[Requirement] In the records below, find the line that contains "pub struct Joined" and the line that contains "pub fn copy(&self)", then retype exactly those two lines and every line between them.

[Dataset excerpts]
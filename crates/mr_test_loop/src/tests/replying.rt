//! Whose reply each reply of a link is, and what comes of one that can't be.
use super::WIDE;
use super::playing::Step::{self, *};
use super::playing::play;
use mr_loop::{LinkEnd, Pause};
use mr_text::TextError;

/// Two clients ask over one link; its replies come in pieces.
static TWO_CLIENTS: [Step; 11] = [
    Sends(0, b"get k\r\n", Pause::NeedsBytes),
    Sends(1, b"get a\r\n", Pause::NeedsBytes),
    Asked(1, b"get k\r\nget a\r\n"),
    Says(1, b"VALUE k 0 1\r\nx", LinkEnd::Whole),
    Told(0, b""),
    Says(1, b"\r\nEND\r\nEN", LinkEnd::Whole),
    Touched(Some(0)),
    Touched(None),
    Told(0, b"VALUE k 0 1\r\nx\r\nEND\r\n"),
    Says(1, b"D\r\n", LinkEnd::Whole),
    Told(1, b"END\r\n"),
];

#[test]
fn first_leg_has_first_reply(rt: HostRuntime) {
    let _ = play(&rt, rt.alloc(), 8, WIDE, &TWO_CLIENTS);
}

/// A reply that no leg awaits ends the link, whose connection isn't used again.
static SURPLUS: [Step; 8] = [
    Sends(0, b"get k\r\n", Pause::NeedsBytes),
    Says(1, b"END\r\nEND\r\n", LinkEnd::Surplus),
    IsUp(1, false),
    Told(0, b"END\r\n"),
    Says(1, b"END\r\n", LinkEnd::Down),
    Says(0, b"STORED\r\n", LinkEnd::Surplus),
    IsUp(0, false),
    IsUp(4, true),
];

#[test]
fn surplus_reply_ends_the_link(rt: HostRuntime) {
    let _ = play(&rt, rt.alloc(), 8, WIDE, &SURPLUS);
}

/// What is no reply ends the link, and the requests of all of its legs.
static NONSENSE: [Step; 8] = [
    Sends(0, b"get k\r\n", Pause::NeedsBytes),
    Sends(1, b"get a\r\n", Pause::NeedsBytes),
    Says(
        1,
        b"END\r\nHELLO\r\nEND\r\n",
        LinkEnd::Refused(TextError::UnknownCommand { closes: true }),
    ),
    IsUp(1, false),
    Told(0, b"END\r\n"),
    Told(1, b"SERVER_ERROR leg lost\r\n"),
    Touched(Some(1)),
    Touched(Some(0)),
];

#[test]
fn nonsense_ends_the_link(rt: HostRuntime) {
    let _ = play(&rt, rt.alloc(), 8, WIDE, &NONSENSE);
}

/// So does a reply that its leg can't have: of another kind, or of another key.
static MISMATCHES: [Step; 9] = [
    Sends(0, b"get k\r\n", Pause::NeedsBytes),
    Sends(1, b"get a\r\n", Pause::NeedsBytes),
    Says(1, b"STORED\r\nEND\r\n", LinkEnd::Mismatch),
    IsUp(1, false),
    Told(0, b"SERVER_ERROR leg lost\r\n"),
    Told(1, b"SERVER_ERROR leg lost\r\n"),
    Sends(0, b"get b\r\n", Pause::NeedsBytes),
    Says(0, b"VALUE k 0 1\r\nx\r\nEND\r\n", LinkEnd::Mismatch),
    Told(0, b"SERVER_ERROR leg lost\r\n"),
];

#[test]
fn mismatch_ends_the_link(rt: HostRuntime) {
    let _ = play(&rt, rt.alloc(), 8, WIDE, &MISMATCHES);
}

/// A node that doesn't know what it was asked may answer twice: its client is told, and the link ends.
static COMPLAINTS: [Step; 9] = [
    Sends(0, b"get k\r\n", Pause::NeedsBytes),
    Sends(1, b"get a\r\n", Pause::NeedsBytes),
    Says(1, b"ERROR\r\nERROR\r\n", LinkEnd::Complaint),
    IsUp(1, false),
    Told(0, b"SERVER_ERROR node refused\r\n"),
    Told(1, b"SERVER_ERROR leg lost\r\n"),
    Sends(0, b"get b\r\n", Pause::NeedsBytes),
    Says(0, b"CLIENT_ERROR bad key\r\n", LinkEnd::Complaint),
    Told(0, b"SERVER_ERROR bad key\r\n"),
];

#[test]
fn complaint_is_told_and_ends_the_link(rt: HostRuntime) {
    let _ = play(&rt, rt.alloc(), 8, WIDE, &COMPLAINTS);
}

/// A node that fails at a request answers it, and is asked on.
static FAILURES: [Step; 7] = [
    Sends(0, b"set k 0 0 1\r\nx\r\n", Pause::NeedsBytes),
    Sends(1, b"get a\r\n", Pause::NeedsBytes),
    Asked(1, b"set k 0 0 1\r\nx\r\nget a\r\n"),
    Says(1, b"SERVER_ERROR out of memory\r\nEND\r\n", LinkEnd::Whole),
    IsUp(1, true),
    Told(0, b"SERVER_ERROR out of memory\r\n"),
    Told(1, b"END\r\n"),
];

#[test]
fn failure_of_a_node_is_told(rt: HostRuntime) {
    let _ = play(&rt, rt.alloc(), 8, WIDE, &FAILURES);
}
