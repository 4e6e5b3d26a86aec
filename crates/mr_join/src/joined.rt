//! The replies of all sides that were awaited.
ghost use Rattle.std.specs.Prelude.{◌≡◌, Some, IfOk};
ghost use Rattle.mr_join.specs.Join.{worst_of};

use crate::badness::worse;
use crate::leg_reply::LegReply;
use mr_phases::Side;
use std::alloc::AllocError;
use std::marker::Model;

#[derive(Debug, Drop)]
enum Came {
    OneSide(Side, LegReply),
    BothSides { old: LegReply, new: LegReply },
}

/// What each side that was awaited answered: one side's reply, or both sides'.
#[derive(Debug, Drop)]
pub struct Joined {
    came: Came,
}

impl Model for Joined {
    ghost use Rattle.mr_join.specs.Sides.{SideReplies};

    ghost Value = { SideReplies };

    ghost use Rattle.mr_join.specs.Came.{replies_in};

    ghost view = { λ j. replies_in j.came };
}

impl Joined {
    ghost use Rattle.mr_join.specs.Sides.{no_replies, with_side_reply, in_order};

    /// One side's reply, where it alone was awaited.
    pub(crate) fn of_one(side: Side, reply: LegReply) -> Joined
        ensures { result ≡ with_side_reply no_replies side reply }
    {
        Joined {
            came: Came::OneSide(side, reply),
        }
    }

    /// Both sides' replies.
    pub(crate) fn of_both(old: LegReply, new: LegReply) -> Joined
        ensures { result ≡ record { old = Some old; new = Some new } }
    {
        Joined {
            came: Came::BothSides { old, new },
        }
    }

    /// Lends the reply of greatest badness, and of two that are as bad the old side's, whichever came first.
    pub fn worst(&self) -> &LegReply
        ensures { worst_of (in_order self.now) ≡ Some result.now }
    {
        match &self.came {
            Came::OneSide(_, reply) => reply,
            Came::BothSides { old, new } => {
                if old.badness() < new.badness() {
                    new
                } else {
                    old
                }
            }
        }
    }

    /// Gives that reply.
    pub fn into_worst(self) -> LegReply
        ensures { worst_of (in_order self) ≡ Some result }
    {
        match self.came {
            Came::OneSide(_, reply) => reply,
            Came::BothSides { old, new } => worse(old, new),
        }
    }

    /// An equal value.
    pub fn copy(&self) -> Result<Joined, AllocError>
        ensures { IfOk result (λ joined. joined ≡ self.now) }
    {
        let came = match &self.came {
            Came::OneSide(side, reply) => Came::OneSide(*side, reply.copy()?),
            Came::BothSides { old, new } => Came::BothSides {
                old: old.copy()?,
                new: new.copy()?,
            },
        };
        Ok(Joined { came })
    }
}
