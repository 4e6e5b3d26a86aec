//! What nodes answer to the legs of a request, and how the answers of both sides become one.
#![tactic(auto)]

mod badness;
mod joined;
mod joining;
pub mod laws;
mod leg_reply;

pub use badness::worse;
pub use joined::Joined;
pub use joining::{Joining, One, Two};
pub use leg_reply::LegReply;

[Answer below]
pub struct Joined {
    came: Came,
}

impl Model for Joined {
    ghost use Rattle.mr_join.specs.Sides.{SideReplies};

    ghost Value = { SideReplies };

    ghost use Rattle.mr_join.specs.Came.{replies_in};

    ghost view = { λ j. replies_in j.came };
}

impl Joined {
    ghost use Rattle.mr_join.specs.Sides.{no_replies, with_side_reply, in_order};

    /// One side's reply, where it alone was awaited.
    pub(crate) fn of_one(side: Side, reply: LegReply) -> Joined
        ensures { result ≡ with_side_reply no_replies side reply }
    {
        Joined {
            came: Came::OneSide(side, reply),
        }
    }

    /// Both sides' replies.
    pub(crate) fn of_both(old: LegReply, new: LegReply) -> Joined
        ensures { result ≡ record { old = Some old; new = Some new } }
    {
        Joined {
            came: Came::BothSides { old, new },
        }
    }

    /// Lends the reply of greatest badness, and of two that are as bad the old side's, whichever came first.
    pub fn worst(&self) -> &LegReply
        ensures { worst_of (in_order self.now) ≡ Some result.now }
    {
        match &self.came {
            Came::OneSide(_, reply) => reply,
            Came::BothSides { old, new } => {
                if old.badness() < new.badness() {
                    new
                } else {
                    old
                }
            }
        }
    }

    /// Gives that reply.
    pub fn into_worst(self) -> LegReply
        ensures { worst_of (in_order self) ≡ Some result }
    {
        match self.came {
            Came::OneSide(_, reply) => reply,
            Came::BothSides { old, new } => worse(old, new),
        }
    }

    /// An equal value.
    pub fn copy(&self) -> Result<Joined, AllocError>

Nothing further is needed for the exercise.